The raj dharma of coalition politics, as Mamata drills into Manmohan Singh every other day, is about learning to win some and lose some. “Modi only thinks of winning – and winning all the time,” a former CM of Gujarat told Caravan magazine. In a way, Manmohan Singh has survived as long as he has, because he is quick to bend – though increasingly at the cost of being ineffectual. Modi may be every bit as impotent in New Delhi for the exactly the opposite reason. “The man is so intolerant and full of himself, how can anyone expect  other leaders to work under him!” a BJP leader told Outlook.

 The charm deficit

While a broad streak of authoritarianism is hardly a disadvantage in a nation that still worships Indira Gandhi, Indians like their uber-strong leaders served to them with a hearty helping of paternal benevolence, be it Indira or Vajpayee. The investment rates in Gujarat may be important to the urban middle class, but the average Indian is looking for a leader who inspires trust and affection.

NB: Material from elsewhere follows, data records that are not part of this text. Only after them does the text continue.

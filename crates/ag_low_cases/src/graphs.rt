//! What no contract can say: that memory suffices, and graphs that were worked out by hand.
ghost use Rattle.std.specs.Prelude.{IfOk};
ghost use Rattle.ag_graph.specs.Circles.{IsGraph};

use ag_base::OutOfMemory;
use ag_graph::{Graph, circles};
use std::alloc::Global;
use std::process::Abort;

fn graph_of(rt: &impl Abort, alloc: Global, rows: &[&[usize]]) -> Result<Graph, OutOfMemory>
    ensures { IfOk result IsGraph }
{
    assert!(rt; rows.len() < 100);
    let mut graph = Graph::new(alloc);
    for targets in rows {
        graph.push_vertex()?;
        for to in *targets {
            assert!(rt; *to < rows.len());
            graph.push_edge(*to)?;
        }
    }
    Ok(graph)
}

// Graphs with the vertices on a circle, and the order.
#[test]
fn finds_circles(rt: HostRuntime) -> Result<(), OutOfMemory> {
    let rows: [(&[&[usize]], &[bool], &[usize]); 7] = [
        (&[], &[], &[]),
        // a chain
        (&[&[1], &[2], &[]], &[false, false, false], &[2, 1, 0]),
        // a circle of two, and one that leads to it
        (&[&[1], &[2], &[1]], &[false, true, true], &[1, 2, 0]),
        // one that leads to itself
        (&[&[], &[1, 0]], &[false, true], &[0, 1]),
        // one between two circles is on none
        (
            &[&[1], &[0, 2], &[3], &[4], &[3]],
            &[true, true, false, true, true],
            &[3, 4, 2, 0, 1],
        ),
        // a chain behind a circle of three
        (
            &[&[3, 1], &[2], &[0], &[4], &[]],
            &[true, true, true, false, false],
            &[4, 3, 0, 1, 2],
        ),
        // two ways to one vertex
        (&[&[1, 2], &[3], &[3], &[]], &[false; 4], &[3, 2, 1, 0]),
    ];
    for (rows, on_circle, order) in &rows {
        let found = circles(rt.alloc(), &graph_of(&rt, rt.alloc(), rows)?)?;
        assert_eq!(rt; found.on_circle.as_slice(), *on_circle);
        assert_eq!(rt; found.order.as_slice(), *order);
    }
    Ok(())
}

Modi suffers from a charm deficit disorder that’s lethal for a politician in national retail politics. The Loh Purush has all the warmth of stainless steel. His cool detachment makes for bad television, and even his favourable media stories emphasise a technocratic competence and impersonal integrity. The often-touted fact that his mother still lives in a one room apartment may be evidence of his anti-nepotism, but it hardly makes for a “good son” story that can bring a tear to the eyes of his audience in, say, a village in Chikmagalur.

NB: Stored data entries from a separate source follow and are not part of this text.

//! Shows a run: for each line of the input what every actor handles, until nothing is on its way. It is the run that
//! `serve --step` makes, but for its quiet moments.
#![tactic(auto)]

ghost use Rattle.std.specs.Prelude.{OnOk};
ghost use Rattle.run_picture.specs.Ready.{IsReady};

mod describing;

use cl_io::{Sink, Source, StdSink, StdSource, write_all};
use cl_post::{Event, OutList};
use cl_types::{NoMemory, Refused, Text};
use cl_world::World;
use describing::{push_line, push_packet};
use std::alloc::Global;
use std::process::ExitCode;

// The most bytes of input.
const INPUT_MAX: usize = 4096;

// The most packets that are handled after a line.
const PACKETS_MAX: u32 = 1_000;

// Reads the input: as many bytes as one read gives.
fn read_input<S: Source>(alloc: Global, source: &mut S) -> Result<Vec<u8>, NoMemory> {
    let mut buffer = vec![in alloc; 0u8; INPUT_MAX]?;
    match source.read(&mut buffer) {
        Ok(count) => {
            buffer.truncate(count);
            Ok(buffer)
        }
        Err(_) => Err(NoMemory),
    }
}

// Makes an event, where it may happen.
fn make(world: &mut World, event: Event) -> Result<bool, Refused>
    requires { IsReady world.old }
    ensures { OnOk result (IsReady world.new) }
{
    if world.enabled(&event) {
        world.run_events(&[event])?;
        Ok(true)
    } else {
        Ok(false)
    }
}

// Handles the packets on their way, by number, and shows each.
fn handle_all(alloc: Global, world: &mut World, text: &mut Vec<u8>) -> Result<(), Refused>
    requires { IsReady world.old }
    ensures { OnOk result (IsReady world.new) }
{
    for _packet in 0..PACKETS_MAX {
        let Some((id, to)) = world.way(0) else {
            return Ok(());
        };
        if let Some(packet) = world.packet(id) {
            push_packet(alloc, text, id, packet)?;
        }
        if !make(world, Event::Handle(to, id))? {
            return Ok(());
        }
        world.forget(id);
    }
    Ok(())
}

// Feeds a line and handles what comes of it.
fn show_line(
    alloc: Global,
    world: &mut World,
    text: &mut Vec<u8>,
    line: &[u8],
) -> Result<(), Refused>
    requires { IsReady world.old }
    ensures { OnOk result (IsReady world.new) }
{
    let number = world.fed().wrapping_add(1);
    push_line(alloc, text, number, line)?;
    let copy = Text::copy_of(alloc, line)?;
    make(world, Event::Feed(number, copy, OutList::new(alloc)))?;
    handle_all(alloc, world, text)
}

// The run of the lines, shown.
fn show_run(alloc: Global, input: &[u8]) -> Result<Vec<u8>, Refused> {
    let mut world = World::new(alloc, 4, 2)?;
    let mut text = Vec::new(alloc);
    for line in input.split(|byte| *byte == b'\n') {
        if !line.is_empty() {
            show_line(alloc, &mut world, &mut text, line)?;
        }
    }
    Ok(text)
}

// Shows the run of the lines on the source.
fn show<S: Source, K: Sink>(alloc: Global, source: &mut S, sink: &mut K) -> Result<(), Refused> {
    let input = read_input(alloc, source)?;
    let text = show_run(alloc, &input)?;
    match write_all(sink, &text) {
        Ok(()) => Ok(()),
        Err(_) => Err(Refused::NoMemory),
    }
}

fn main(rt: HostRuntime) -> ExitCode {
    let mut source = StdSource::new(rt.stdin());
    let mut sink = StdSink::new(rt.stdout());
    match show(rt.alloc(), &mut source, &mut sink) {
        Ok(()) => ExitCode::from(0),
        Err(_) => ExitCode::from(1),
    }
}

India is not Gujarat (or China).

Modi is lionised by a section of the middle class because as Vinod Jose points out in his profile in Caravan “he appears to prefer power to money, which is a particularly appealing proposition for voters who regard most politicians as corrupt, ineffective and weak.” He is the man who can get things done and has been able to deliver their dream state – one with minimal red tape, where a file goes through five people not 30, and the markers of progress are out there, ostentatiously displayed for everyone to see.

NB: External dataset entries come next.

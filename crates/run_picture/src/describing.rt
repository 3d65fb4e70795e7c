//! Events in words.
use cl_log::LogRec;
use cl_steps::FRONT;
use cl_types::{NoMemory, TxnId};
use cl_wire::{Body, Packet};
use std::alloc::Global;

// Appends a text.
fn push(text: &mut Vec<u8>, more: &[u8]) -> Result<(), NoMemory> {
    text.extend_from_slice(more)?;
    Ok(())
}

// Appends an actor's name, as wide as the longest one.
fn push_actor(alloc: Global, text: &mut Vec<u8>, actor: u32) -> Result<(), NoMemory> {
    if actor == FRONT {
        push(text, b"front ")
    } else {
        push(text, format!(in alloc; "node {actor}")?.as_bytes())
    }
}

// What a record of a log is called.
fn name_of(content: &LogRec) -> &'static str {
    match content {
        LogRec::Touch(..) => "Log of Touch",
        LogRec::Set(..) => "Log of Set",
        LogRec::Add(..) => "Log of Add",
        LogRec::Comp(..) => "Log of Comp",
        LogRec::Prepared(_) => "Log of Prepared",
        LogRec::End(..) => "Log of End",
        LogRec::Decide(_) => "Log of Decide",
    }
}

// The kind of a packet, and the transaction that it names, if it names one.
fn kind_of(body: &Body) -> (&'static str, Option<TxnId>) {
    match body {
        Body::Bare => ("acknowledges", None),
        Body::Command(_, txn, _, _) => ("Command", Some(*txn)),
        Body::Outcome(txn, _, _) => ("Outcome", Some(*txn)),
        Body::Ask(_, txn, ..) => ("Ask", Some(*txn)),
        Body::Answer(_, txn, ..) => ("Answer", Some(*txn)),
        Body::Prepare(_, txn) => ("Prepare", Some(*txn)),
        Body::Vote(_, txn) => ("Vote", Some(*txn)),
        Body::Finish(_, txn, true) => ("Finish with commit", Some(*txn)),
        Body::Finish(_, txn, false) => ("Finish without commit", Some(*txn)),
        Body::Log(_, _, content) => (name_of(content), Some(content.txn())),
        Body::LogAck(..) => ("LogAck", None),
        _ => ("another kind", None),
    }
}

/// Appends that a line is fed.
pub fn push_line(
    alloc: Global,
    text: &mut Vec<u8>,
    number: u64,
    line: &[u8],
) -> Result<(), NoMemory> {
    push(text, format!(in alloc; "line {number}: ")?.as_bytes())?;
    push(text, line)?;
    push(text, b"\n")
}

/// Appends that a packet is handled.
pub fn push_packet(
    alloc: Global,
    text: &mut Vec<u8>,
    id: u64,
    packet: &Packet,
) -> Result<(), NoMemory> {
    push(text, format!(in alloc; "  packet {id:>2}   ")?.as_bytes())?;
    push_actor(alloc, text, packet.from)?;
    push(text, b" -> ")?;
    push_actor(alloc, text, packet.to)?;
    let (kind, txn) = kind_of(&packet.body);
    push(text, b"   ")?;
    push(text, kind.as_bytes())?;
    if let Some(txn) = txn {
        push(
            text,
            format!(in alloc; " {}.{}", txn.session, txn.number)?.as_bytes(),
        )?;
    }
    push(text, b"\n")
}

“But the problem for him is, Gujarat is not India,” a political commentator, sympathetic to Modi, tells Shoma Chaudhury in Tehelka.

As Chaudhury notes, Gujarat is more industrialised, more urbanised, and more homogeneous than most other Indian states – and therefore more receptive to Modi’s corporate Hindutva message. Even the Muslim community, (10 percent of the state) is largely Bohra and Memon, business communities that are amenable to working with Modi.

Modi’s also been able to turn all criticism about Godhra into an attack on Gujarati asmita (pride). But it will be near impossible to repurpose the inevitable flak generated by the campaign trail as an attack on mera Bharat mahaan. Modi is not India.

For huge swathes of India, the dream is not a Shanghai-style GIFT city rising out of barren wastelands. And even those on the development bandwagon have their doubts. A businessman who admires Modi because “he has made Gujarat relatively corruption-free” and “there are better roads and infrastructure,” also adds “You have all that in China too. But would I want to live in China?”

A Modi at the helm is the wet dream of a certain section of middle-class India that is impatient with the snail’s pace of progress in a parliamentary democracy, and yearns for a no-nonsense strongman who will not pander to any vested interest. But that fantasy of Modi, the CEO-CM, does not make Modi, the CEO-PM, any more likely.

“Hand Modi a two-thirds Lok Sabha majority, control of all the ministries he wants, and he might be able to govern India firmly. That may not be the same thing as governing India well,” muses Aakar Patel in Outlook.

But to put it differently, Modi will only be able to govern — at all — if he gets his party’s nomination and if he then delivers  a two-thirds Lok Sabha majority and if he then gets control of all the ministries he wants. Anything less, and he is likely never to govern at all — or not for very long.